The Alchemical Child is born in love, regardless of whether it is conceived in love or not. It is born from the Divine spark as is all life. It is born in innocence – coming directly from Infinity to experience what it means to be human.
A child is born with infinite love. It knows itself to be Divine and it knows it without doubt. Infinitely resides in its eyes and when we look at a child we see ourselves reflected there. We see our own true selves and who and what we are. There is no hiding from a child’s eyes. As the Love it holds for us is complete. It is eternal and it is unconditional. Regardless of what we do, this child continues to love us and it continues to seek love from us. In many cases, long after the parent is gone, the child continues to seek love and approval form the parent, hoping and seeking. Unless it has come to realize that the most important love it has, is the one it has for itself – the eternal Divine Love that is our birthright, without condition and without judgement and it is ours regardless of who or what we have done with our lives and who or what we have become.
I have spent much of my life working with children and with the parents of children, both internationally and domestically. I have worked to help parents understand their children better, how to discipline more appropriately, and how to respond to their problems. But after years of doing this, I have come to realize my approach has been from the wrong perspective. The problem is not the child – the problem is the parent.

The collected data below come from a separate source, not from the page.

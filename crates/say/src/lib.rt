//! A run as sentences: what each step did, for people who read it aloud.
#![tactic(auto)]

mod called;
mod executed;
mod form;
mod inputs;
mod instruction;
mod line;
mod piece;
mod places;
mod sentence;
mod values;

pub use form::{LineForm, tell_step};
pub use line::say_step;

Children are our future. Often this statement is written but it moves far beyond this. Children are the mirror of our souls. Children reflect back to us who we are, who we have become as adults. They show us where we are wrong; children show us where we need to look within ourselves in order polish ourselves to become the gold we were meant to be; the Gold we somehow lost and spend our lives trying to find..
Alchemy is the process through which lead is transformed into gold. It is thought to be a myth – a sort of allegorical statement for our life’s journey. The Alchemist is in truth the child we bring into this world. This child comes in, in innocence and as it grows it gives back to us what we give this child, The catalyst that creates this process is Love. The Catalyst allows the interaction, provides the necessary elements for the action to happen but does not, itself, interfere with the process. It allows the process to proceed on its own without interference. It provides all of the elements for a positive outcome but allows the process to proceed, and if the process does not succeed, tries again. The catalyst has no investment in whether the process is successful but when it is, the entirety of creation celebrates.
A catalyst is defined as “a substance that increases the rate of a chemical reaction without itself undergoing any permanent chemical change.” And this is the definition of Love. Love does not depend upon our belief in it, nor does it care about how we feel about it. It has no prejudgments and no expectations. We are free to reject Love or to accept it, as we see fit. Nothing we do can ever change it nor cause it to leave us. However, it is our choice whether we accept it or not. If we accept the presence of Love there is a remarkable alchemical process that happens within us that is beyond anything we could ever have imagined. But Love will never force itself upon us and we must open ourselves to it. And when we reject Love, we create our own suffering.
We bring children into the world and often repeat the statement, the child is our future. We see our future reflected in our child but what we so often fail to see is the present of who we are NOW reflected in the child. The Child becomes the mirror of who we have become as a present representation of our past. If we haven’t moved beyond fear and pain and shame and guilt, our child becomes the reflection of this past. We project onto the child the incompleteness of our own lives. If we haven’t learned to love ourselves, then how can we love the child. Unless we are conscious caring adults who seek to know ourselves better, our relationship with our children will be built on a foundation of ear and repulsion for what we see in their eyes. The Love they show us will terrify us and we will seek to prove we are not worthy and neither are they.
A Child comes into the world in innocence. When we look into the innocence of their eyes we see ourselves, not the Child. When we experience trauma, we relive this trauma until we figure out how to move beyond it. Early on in our lives we learn to become survivors. We turn from enjoying and being who we are and being alive to celebrate life, to operating in a survival mode. We become afraid of moving out of spaces we have discovered are safe – we begin to fear ourselves.